:: RECORD EXTRACTS ::
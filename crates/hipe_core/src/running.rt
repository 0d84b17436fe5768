//! A call is run on an image.

ghost use Rattle.asm_text.specs.Entry.{entry_of};
ghost use Rattle.hipe_core.specs.Command.{RunsBytes, RunsEntry, RunsFile, RunsWith, effects};
ghost use Rattle.hipe_core.specs.Files.{IsQuiet, course};
ghost use Rattle.hipe_core.specs.Running.{EndsArgs, EndsImage, RunsOpened, SaysLine, SaysRun, called};
ghost use Rattle.image_format.specs.declared.limits.TheConstants.{MOST_IMAGE_BYTES};
ghost use Rattle.mode_switch.specs.Call.{IsInRange};
ghost use Rattle.mode_switch.specs.Machine.{ran};
ghost use Rattle.std.specs.List.{list_all};
ghost use Rattle.std.specs.Prelude.{◌≡◌, ◌≤◌, IsTrue, None, Some, is_some, length, string_bytes, true};
ghost use Rattle.term_tree.specs.Term.{is_canonical};

use crate::Ending;
use crate::saying::put_piece;
use asm_text::{TextRefusal, read_args, read_entry};
use hipe_base::{Files, ReadRefusal, Sink, read_file};
use image_format::MOST_IMAGE_BYTES;
use mode_switch::{Call, Limits, Machine, NOT_BUILT_STATUS, OpenRefusal};
use native_link::{Image, ImageRefusal, read_image};
use std::alloc::Global;
use term_tree::Name;

/// Writes the line of an outcome, if there is one yet.
fn say_line<'a, O: Sink>(text: &str, status: u8, file: &'a str, out: &mut O) -> Ending<'a>
    ensures { SaysLine result file.now (text.now, status) (O.seen out.old) (O.seen out.new) }
{
    if status == NOT_BUILT_STATUS {
        Ending::NotBuilt(file)
    } else if put_piece(out, text.as_bytes()) {
        Ending::Said(status)
    } else {
        Ending::CannotWrite
    }
}

/// Writes the line of the run of a call.
fn say_run<'a, O: Sink>(
    alloc: Global,
    machine: &mut Machine,
    file: &'a str,
    out: &mut O,
) -> Ending<'a>
    requires { machine.old.outcome ≡ None }
    ensures { SaysRun result file.now (ran machine.old) (O.seen out.old) (O.seen out.new) }
{
    let outcome = machine.run();
    match machine.outcome_text(alloc, &outcome) {
        Err(_) => Ending::NoMemory,
        Ok((text, status)) => say_line(text.as_str(), status, file, out),
    }
}

/// Runs a call on an image.
fn run_call<'a, O: Sink>(
    alloc: Global,
    image: Image,
    call: Call,
    limits: Limits,
    file: &'a str,
    entry: &'a str,
    out: &mut O,
) -> Ending<'a>
    requires limits { IsInRange limits }
    requires canonical { IsTrue (list_all is_canonical call.args) }
    ensures { RunsOpened result image (called file.now entry.now call limits) (O.seen out.old) (O.seen out.new) }
{
    let count = call.args.len();
    match Machine::open(alloc, image, call, limits, Vec::new(alloc)) {
        Err(OpenRefusal::NotExported) => Ending::NotExported(entry, count),
        Err(OpenRefusal::ArgsDoNotFit) => Ending::ArgsDoNotFit,
        Err(OpenRefusal::Memory(_)) => Ending::NoMemory,
        Ok(machine) => {
            let mut machine = machine;
            say_run(alloc, &mut machine, file, out)
        }
    }
}

/// How the refusal of an image ends the command.
fn image_refused(file: &str, refusal: ImageRefusal) -> Ending<'_>
    ensures { EndsImage refusal file.now result }
{
    match refusal {
        ImageRefusal::Memory(_) => Ending::NoMemory,
        refusal => Ending::ImageRefused(file, refusal),
    }
}

/// Runs a call on the image with these bytes.
fn run_bytes<'a, O: Sink>(
    alloc: Global,
    bytes: &[u8],
    call: Call,
    limits: Limits,
    file: &'a str,
    entry: &'a str,
    out: &mut O,
) -> Ending<'a>
    requires size { length bytes.now ≤ MOST_IMAGE_BYTES }
    requires limits { IsInRange limits }
    requires canonical { IsTrue (list_all is_canonical call.args) }
    ensures { RunsBytes result bytes.now (called file.now entry.now call limits) (O.seen out.old) (O.seen out.new) }
{
    match read_image(alloc, bytes) {
        Err(refusal) => image_refused(file, refusal),
        Ok(image) => run_call(alloc, image, call, limits, file, entry, out),
    }
}

/// Runs a call on the image in the file that is named.
fn run_file<'a, F: Files, O: Sink>(
    alloc: Global,
    call: Call,
    limits: Limits,
    file: &'a str,
    entry: &'a str,
    files: &mut F,
    out: &mut O,
) -> Ending<'a>
    requires limits { IsInRange limits }
    requires canonical { IsTrue (list_all is_canonical call.args) }
    ensures ends { RunsFile result (called file.now entry.now call limits) (effects (course (F.told files.old) (F.told files.new)) (O.seen out.old) (O.seen out.new)) }
    ensures quiet { IsQuiet (course (F.told files.old) (F.told files.new)) }
{
    match read_file(alloc, files, file, MOST_IMAGE_BYTES) {
        Err(ReadRefusal::Fault) => Ending::CannotRead(file),
        Err(ReadRefusal::TooLong) => Ending::TooLong(file),
        Err(ReadRefusal::Memory(_)) => Ending::NoMemory,
        Ok(bytes) => run_bytes(alloc, bytes.as_slice(), call, limits, file, entry, out),
    }
}

/// How the refusal of arguments ends the command.
fn args_refused<'a>(refusal: TextRefusal) -> Ending<'a>
    ensures { EndsArgs refusal result }
{
    match refusal {
        TextRefusal::Memory(_) => Ending::NoMemory,
        refusal => Ending::ArgsRefused(refusal),
    }
}

/// Runs the function with these names on the arguments of a text.
fn run_names<'a, F: Files, O: Sink>(
    alloc: Global,
    names: (Name, Name),
    args: &str,
    limits: Limits,
    file: &'a str,
    entry: &'a str,
    files: &mut F,
    out: &mut O,
) -> Ending<'a>
    requires { IsInRange limits }
    ensures ends { RunsWith result file.now entry.now names args.now limits (effects (course (F.told files.old) (F.told files.new)) (O.seen out.old) (O.seen out.new)) }
    ensures quiet { IsQuiet (course (F.told files.old) (F.told files.new)) }
{
    match read_args(alloc, args.as_bytes()) {
        Err(refusal) => args_refused(refusal),
        Ok(args) => {
            let (module, function) = names;
            let call = Call {
                module,
                function,
                args,
            };
            run_file(alloc, call, limits, file, entry, files, out)
        }
    }
}

/// Runs the function with the entry that is named on the arguments of a text.
pub fn run<'a, F: Files, O: Sink>(
    alloc: Global,
    file: &'a str,
    entry: &'a str,
    args: &str,
    limits: Limits,
    files: &mut F,
    out: &mut O,
) -> Ending<'a>
    requires entry { is_some (entry_of entry.now) ≡ true }
    requires limits { IsInRange limits }
    ensures ends { RunsEntry result file.now entry.now (entry_of entry.now) args.now limits (effects (course (F.told files.old) (F.told files.new)) (O.seen out.old) (O.seen out.new)) }
    ensures quiet { IsQuiet (course (F.told files.old) (F.told files.new)) }
{
    match read_entry(alloc, entry.as_bytes()) {
        Err(_) => Ending::NoMemory,
        Ok(None) => unreachable!(),
        Ok(Some(names)) => run_names(alloc, names, args, limits, file, entry, files, out),
    }
}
:::
Take every line from the records that holds "ImageRefusal" and copy it down.

use native_link::{Image, ImageRefusal, read_image};
fn image_refused(file: &str, refusal: ImageRefusal) -> Ending<'_>
        ImageRefusal::Memory(_) => Ending::NoMemory,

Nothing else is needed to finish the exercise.